A Parquet column annotated with the VARIANT logical type carries semi-structured, JSON-like data in a self-describing binary encoding. Physically it is a group of two required BYTE_ARRAY children, metadata and value, whose bytes together define a Variant value with its own type tag (object, array, string, int, etc.). getVariant reads both children and surfaces them through the PqVariant API.

try (RowReader rowReader = fileReader.rowReader()) {
    while (rowReader.hasNext()) {
        rowReader.next();
        PqVariant v = rowReader.getVariant("event");
        if (v == null) {
            continue;   // SQL NULL
        }

        // Type introspection
        VariantType tag = v.type();         // OBJECT, ARRAY, STRING, INT32, ...
        if (tag == VariantType.OBJECT) {
            PqVariantObject obj = v.asObject();
            String userId  = obj.getString("user_id");
            int    age     = obj.getInt("age");
            Instant ts     = obj.getTimestamp("ts");

            // Nested Variant OBJECT / ARRAY — same vocabulary all the way down
            PqVariantObject addr = obj.getObject("address");
            PqVariantArray  tags = obj.getArray("tags");
        }

        // Raw canonical bytes (for round-tripping or hashing)
        byte[] metadata = v.metadata();
        byte[] value    = v.value();
    }
}

The PqVariantObject view exposes the same primitive getters as a Parquet struct (getInt, getString, getTimestamp, …), but its complex navigation uses getObject and getArray (Variant-spec terminology) rather than getStruct / getList / getMap. A PqVariantArray is iterable and indexed; elements are heterogeneous PqVariants — inspect each element's type() and unwrap appropriately.

Primitive extraction on PqVariant: When you already hold a PqVariant (e.g. an array element) use the as*() methods — asInt, asString, asTimestamp, and so on. Each throws VariantTypeException if the variant's type tag doesn't match.

Shredded Variants: Some writers store part of the payload in a typed sibling column (typed_value) alongside value for better compression and pushdown. Reassembly is transparent: metadata() and value() return canonical bytes regardless of whether the file was shredded, so PqVariant consumers see a single consistent representation.

Current limitations

  • No Variant-aware predicate pushdown.
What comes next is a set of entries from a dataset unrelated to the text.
//! Units that are taken together.
ghost use Rattle.std.specs.Prelude.{◌≡◌, ◌≤◌, ◌+◌, ◌-◌, ◌++◌, length, drop, take};

use std::convert::AsSlice;

/// Units that are taken together: a piece of a text, or an array.
pub(crate) trait Piece<T>: AsSlice<T> + Copy {
    /// Stores the units over as many others, up to 64.
    fn store(self, to: &mut [T])
        requires same { length to.old ≡ length (Self.items self) }
        requires few { length (Self.items self) ≤ 64 }
        ensures { to.new ≡ Self.items self };
}

impl<T: Copy> Piece<T> for &[T] {
    /// Stores the first and the last of them, which may overlap: two or four stores are faster than a call. From 8 to 32
    /// units there is no branch, since words of a text differ in length.
    #[inline(always)]
    fn store(self, to: &mut [T]) {
        let len = self.len();
        if 8 <= len && len <= 32 {
            return copy_halves::<T, 8>(self, to);
        }
        match len {
            33.. => copy_ends::<T, 32>(self, to),
            4.. => copy_ends::<T, 4>(self, to),
            2.. => copy_ends::<T, 2>(self, to),
            1 => copy_first::<T, 1>(self, to),
            _ => {}
        }
    }
}

impl<T: Copy, const N: usize> Piece<T> for [T; N] {
    #[inline(always)]
    fn store(self, to: &mut [T]) {
        copy_first::<T, N>(self.as_slice(), to);
    }
}

/// Copies the first `N` units over as many others.
#[inline(always)]
fn copy_first<T: Copy, const N: usize>(units: &[T], to: &mut [T])
    requires some { N ≤ length units.now }
    requires room { N ≤ length to.old }
    ensures { to.new ≡ take N units.now ++ drop N to.old }
{
    if let Some(first) = units.first_chunk::<N>() {
        if let Some(place) = to.first_chunk_mut::<N>() {
            *place = *first;
        }
    }
}

/// Copies units over as many others: the first `N` and the last `N`, which may overlap.
#[inline(always)]
fn copy_ends<T: Copy, const N: usize>(units: &[T], to: &mut [T])
    requires same { length to.old ≡ length units.now }
    requires least { N ≤ length units.now }
    requires most { length units.now ≤ N + N }
    ensures { to.new ≡ units.now }
{
    let last = units.len() - N;
    copy_first::<T, N>(units, to);
    copy_first::<T, N>(&units[last..], &mut to[last..]);
}

/// Copies units over as many others: the ends of the first half and those of the last, which may overlap.
#[inline(always)]
fn copy_halves<T: Copy, const N: usize>(units: &[T], to: &mut [T])
    requires same { length to.old ≡ length units.now }
    requires least { N ≤ length units.now }
    requires most { length units.now ≤ N + N + N + N }
    ensures { to.new ≡ units.now }
{
    let half = N.max(units.len() - units.len() / 2);
    let last = units.len() - half;
    copy_ends::<T, N>(&units[..half], &mut to[..half]);
    copy_ends::<T, N>(&units[last..], &mut to[last..]);
}
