// What the calls for C and Rust tell. Enums do not cross, so an answer is a struct of document 01's numbers; 0 stands for "not refused".
#![tactic(auto)]

mod told;
mod version;

pub use told::{
    SheetCut, SheetRead, SheetSurvey, SheetTested, SheetValue, SheetVerdict, SheetWritten,
    cut_told, read_told, survey_told, tested, value_told, verdict_told, written,
};
pub use version::version_built;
Filter predicates against a Variant sub-path (e.g. WHERE v.age > 30) aren't yet understood by the pushdown pipeline. Filtering still works against the file's physical shredded columns if you know the layout — a FilterPredicate.gt("v.typed_value.age", 30) gets row-group and page skipping via ordinary column statistics — but that ties query code to the writer's shredding strategy and misses any rows where the payload sits in the opaque value blob instead. Tracked as #309.
  • No path projection optimization. Reading only v.age from a Variant column still reassembles the whole Variant for each row rather than reading just the shredded typed_value.age column. Requires the same variant-aware planning as #309; no separate issue filed yet.